First and foremost, adequate levels of economic growth are required for attaining sustainable poverty reduction and equitable development. In the literature there is a common belief among Economists that a sustained 5% economic growth is required to prevent the number of the poor from increasing while at least 7% economic growth rates are imperative for sustained poverty reduction. That does not say much about how inequalities could be impacted upon by these growth rates. Therefore, the second condition for economic growth to reduce inequalities and help promote inclusive development is ensuring that the majority of the poor actively participate and benefit from the growth processes.
These could be realized from promotion of robust employment creation initiatives that aim at generating productive and decent jobs for the increasing labour forces, dominated by the youth and women.
This will in turn require heavy investments in economic diversification, promotion of SMSEs, technical and vocational education and strengthening of labour market institutions to improve employability of the young and lubricate labour market intermediation.
There is also consensus that universal provision of quality social services, notably for health, education, nutrition and sanitation, are also key ingredients for promoting inclusive development as they could have important equalizing impacts on opportunities for all.
There will also be need to focus on the disadvantaged groups and areas as part of deliberate approaches to inclusive development.

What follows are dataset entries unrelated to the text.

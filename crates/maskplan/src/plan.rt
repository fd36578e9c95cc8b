// What filters cost on a sheet.
ghost use Rattle.std.specs.Prelude.{◌≡◌, ◌*◌};
ghost use Rattle.masks.specs.Cost.{spanned, table_cells, filter_picks, capped};

use masks::cost;
use masks::mask::Mask;
use sheets::holder::Size;

// What filters under a mask cost on a sheet: the rows V that the mask spans, the cells of the table to lend, the picks of
// an erosion or a dilation, and those of an opening or a closing.
#[derive(Clone, Copy)]
pub struct Costs {
    pub rows: usize,
    pub table: u64,
    pub filter: u64,
    pub opening: u64,
}

// The costs under the mask.
pub fn priced(mask: &Mask, size: Size) -> Costs
    ensures rows { result.rows ≡ spanned mask.now.rows }
    ensures table { result.table ≡ capped (table_cells mask.now.rows size.width) }
    ensures filter { result.filter ≡ capped (filter_picks mask.now.rows size.width size.height) }
    ensures opening { result.opening ≡ capped (2 * filter_picks mask.now.rows size.width size.height) }
{
    let (width, height) = (size.width as u64, size.height as u64);
    Costs {
        rows: cost::rows(mask),
        table: cost::table_cells(mask, width),
        filter: cost::filter_picks(mask, width, height),
        opening: cost::opening_picks(mask, width, height),
    }
}
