// Plans a mask: reads a drawing, and says what filters under it cost on a sheet of a given size.
#![tactic(auto)]

// The costs, as values.
mod plan;

// The plan as text.
mod listing;

use drawings::drawing::Drawing;
use drawings::drawn::mask_of;
use listing::Listing;
use sheets::holder::Size;
use std::env;
use std::process::ExitCode;
use texts::ending::ended;
use texts::fault::{JobFault, Words};
use texts::input::{InputFault, LinesFault, listed_lines};
use texts::size::sized;

// What the program's arguments are.
const USAGE: &str = "usage: maskplan WIDTH HEIGHT, with a drawing on standard input";

// What is told where the first is no size.
const WIDTH_RULE: &str = "the width is not a whole number from 1 to 2048";

// What is told where the second is none.
const HEIGHT_RULE: &str = "the height is not a whole number from 1 to 2048";

// The words for what is wrong. A drawing alone has no parts and no cells. A plan that cannot be written has the line of a
// drawing that is no text.
const WORDS: Words = Words {
    program: "maskplan",
    parts: None,
    cells: None,
    no_text: "the drawing is no text",
    unread: "the drawing is no text",
    unwritten: "the drawing is no text",
};

fn main(rt: HostRuntime) -> ExitCode {
    ended(&rt, WORDS, run(&rt))
}

// Reads the size from the arguments and the drawing from standard input, and prints each step.
fn run(rt: &HostRuntime) -> Result<(), JobFault> {
    let size = size(rt)?;
    let lines = listed_lines(rt).map_err(input_fault)?;
    let drawing = Drawing::read(rt.alloc(), lines.as_slice())?;
    let mask = mask_of(&drawing)?;
    let listing = Listing {
        rt,
        drawing: &drawing,
        mask: &mask,
        size,
    };
    Ok(listing.print()?)
}

// The two arguments, the sheet's width and height. Arguments that cannot be read are told as input is.
fn size(rt: &HostRuntime) -> Result<Size, JobFault> {
    let words = env::args(rt).map_err(|_| InputFault::Unread)?;
    let words: Vec<String> = words.collect(rt.alloc())?;
    let [_, width, height] = words.as_slice() else {
        return Err(JobFault::Arguments(USAGE));
    };
    Ok(sized(Size {
        width: number_of(width.as_str(), WIDTH_RULE)?,
        height: number_of(height.as_str(), HEIGHT_RULE)?,
    })?)
}

// What is told where the lines of the input cannot be listed. Want of memory for one of them, or for their reader, is told as
// input that is no text.
fn input_fault(fault: LinesFault) -> JobFault {
    match fault {
        LinesFault::Reader(_) | LinesFault::Line(_) => JobFault::Input(InputFault::Unread),
        LinesFault::List => JobFault::Memory,
    }
}

// The number that an argument is, where it is one.
fn number_of(word: &str, rule: &'static str) -> Result<usize, JobFault> {
    word.parse::<usize>().map_err(|_| JobFault::Arguments(rule))
}

#[cfg(test)]
mod tests;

Importantly also, there is by now broad agreement that social protection schemes play a critical role in promoting equitable development. They help protect the most vulnerable groups from extreme poverty or prevent people from slipping back into poverty owing to” loss of employment, ill health and external shocks”.
A range of fiscal and monetary policies could be deftly deployed in support of the above broader policies for realizing the goals an objectives of equitable growth and development. These include progressive taxation regimes, well targeted subsidies and inclusive and innovative financial initiatives, notably microfinance.
Conclusions
In conclusion, the past few years has witnessed increasing consensus among policy analysts, academicians and international development organizations on the imperative for promoting more equitable growth and development, in the face of rising and unacceptable levels of inequality in most regions of the world. This has been prompted by the growing realization of the "powerful and corrosive effects of inequality on poverty reduction, sustainable growth, social and economic stability anfd socially-sustainable development”.(UNDESA, 2014).
In this regard, another encouraging trend that has also been observed side by side with these rising inequalities is that a few countries have successfully bucked that trend: through a combination of committed and caring leadership and a range of policies, such as the ones set out above, they have been able to reverse the rising trend of income and non-income inequalities in their countries. These include countries such as Rwanda and Ethiopia. Much could be learnt from their experiences to help reverse rising inequalities in other African countries, which is a vital element of the 2030 agenda.
Lamin M. Manneh is the UN Resident Coordinator.